Find every line in the entries that holds the string "requires" and report it.

■ ■ ■ ■ ■

//! What goes where a handle ended: its port, of which nothing is left, and pools.
ghost use Rattle.std.specs.Prelude.{◌≡◌, IfSome, None, Some, false};
ghost use Rattle.std.specs.Option.{option_map_or};
ghost use Rattle.iox_tables.specs.HubStates.States.{Given, state_shown};
ghost use Rattle.iox_tables.specs.HubStates.Tables.{PortState, port_in};
ghost use Rattle.iox_tables.specs.HubMaking.Disconnections.{is_unused, with_released};
ghost use Rattle.iox_control.specs.Controls.{IsControl};
ghost use Rattle.iox_control_releasing.specs.Goings.{KeptPools, NoLeftPool, StaysTidy};

use crate::disconnect::{disconnect_if_unused, drop_pool};
use iox_control::Control;
use iox_hub_ports::ports::Ports;

/// The place of the port's pool, or the other place if there is no such port.
fn pool_of(ports: &Ports, port: u64, other: usize) -> usize
    ensures { result ≡ option_map_or (λ p. p.pool) (port_in ports.now.ports port) other }
{
    match ports.find(port) {
        Some(info) => info.pool,
        None => other,
    }
}

/// The port goes if nothing of it is left, and then the pool in that place, if its port is gone and
/// nobody has a message of it. It tells the place of the port's pool. It is rare that something
/// goes, so it is a call of its own.
#[cold]
#[inline(never)]
fn let_both_go(control: &mut Control, port: u64, place: usize) -> usize
    requires order { IsControl control.old }
    ensures port { result
        ≡ option_map_or (λ p. p.pool) (port_in control.old.tables.ports port) place }
    ensures left { control.new.tables
        ≡ record (with_released control.old.tables port) { pools = control.new.tables.pools } }
    ensures shown { (x : Given) → state_shown x (with_released control.old.tables port)
        ≡ state_shown x control.new.tables }
    ensures order { IsControl control.new }
    ensures pools { KeptPools control.old.tables.pools control.new.tables.pools }
    ensures gone { NoLeftPool control.new.tables place }
    ensures tidy { StaysTidy control.old.tables control.new.tables }
{
    let pool = pool_of(control.ports(), port, place);
    disconnect_if_unused(control, port, 0);
    drop_pool(control, place);
    pool
}

/// The port goes if nothing of it is left, and then the pool in that place, if its port is gone and
/// nobody has a message of it. Where it is said that something may go, it tells the place of the
/// port's pool.
#[inline(always)]
pub fn leave(control: &mut Control, port: u64, place: usize, goes: bool) -> Option<usize>
    requires order { IsControl control.old }
    requires stays { goes ≡ false → NoLeftPool control.old.tables place }
    requires used { goes ≡ false → is_unused control.old.tables port ≡ false }
    ensures port { (p : PortState) → port_in control.old.tables.ports port ≡ Some p
        → IfSome result (λ pool. pool ≡ p.pool) }
    ensures unchanged { result ≡ None → control.new ≡ control.old }
    ensures left { control.new.tables
        ≡ record (with_released control.old.tables port) { pools = control.new.tables.pools } }
    ensures shown { (x : Given) → state_shown x (with_released control.old.tables port)
        ≡ state_shown x control.new.tables }
    ensures order { IsControl control.new }
    ensures pools { KeptPools control.old.tables.pools control.new.tables.pools }
    ensures gone { NoLeftPool control.new.tables place }
    ensures tidy { StaysTidy control.old.tables control.new.tables }
{
    if goes {
        return Some(let_both_go(control, port, place));
    }
    None
}
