//! The pipes from a port that goes are kept where something waits, and else taken out.
ghost use Rattle.std.specs.Prelude.{◌≡◌, map, slice_get, slice_set};
ghost use Rattle.std.specs.Option.{option_map_or};
ghost use Rattle.iox_tables.specs.HubBooks.Counts.{lane_count, total};
ghost use Rattle.iox_tables.specs.HubMaking.OneByOne.{without_first_pipe};
ghost use Rattle.iox_control.specs.Controls.{with_tables};
ghost use Rattle.iox_control_releasing.specs.LettingGo.{LetsGo, cut_at, from_in, with_cut};

use crate::letting_go::let_pipe_go;
use iox_control::Control;

/// Cuts the port in that place from the sender: the pipe from it is kept if something waits there.
/// Lets go of all messages on the pipe that goes, if one does.
fn cut_at(control: &mut Control, at: usize, sender: u64)
    ensures left { control.new ≡ with_cut control.old
        (cut_at sender control.old.tables.ports at) control.new.tables.pools }
    ensures fewer { LetsGo control.old.tables.pools control.new.tables.pools
        (λ pool k. option_map_or (from_in (lane_count pool k) sender)
        (slice_get control.old.tables.ports at) 0) }
{
    let ports = control.ports();
    if at < ports.len() {
        match ports.at(at) {
            None => {}
            Some(info) => match control.expire(info.number, sender) {
                None => {}
                Some(pipe) => let_pipe_go(control, pipe),
            },
        }
    }
}

/// Cuts each port from the sender, and lets go of all messages on the pipes that go.
pub fn cut_all(control: &mut Control, sender: u64)
    ensures left { control.new ≡ with_cut control.old
        (map (without_first_pipe sender) control.old.tables.ports) control.new.tables.pools }
    ensures fewer { LetsGo control.old.tables.pools control.new.tables.pools
        (λ pool k. total (from_in (lane_count pool k) sender) control.old.tables.ports) }
{
    for at in 0..control.ports().len() {
        cut_at(control, at, sender);
    }
}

■ ■ ■ ■ ■

**Answer to this exercise**
    requires order { IsControl control.old }
    requires order { IsControl control.old }
    requires stays { goes ≡ false → NoLeftPool control.old.tables place }
    requires used { goes ≡ false → is_unused control.old.tables port ≡ false }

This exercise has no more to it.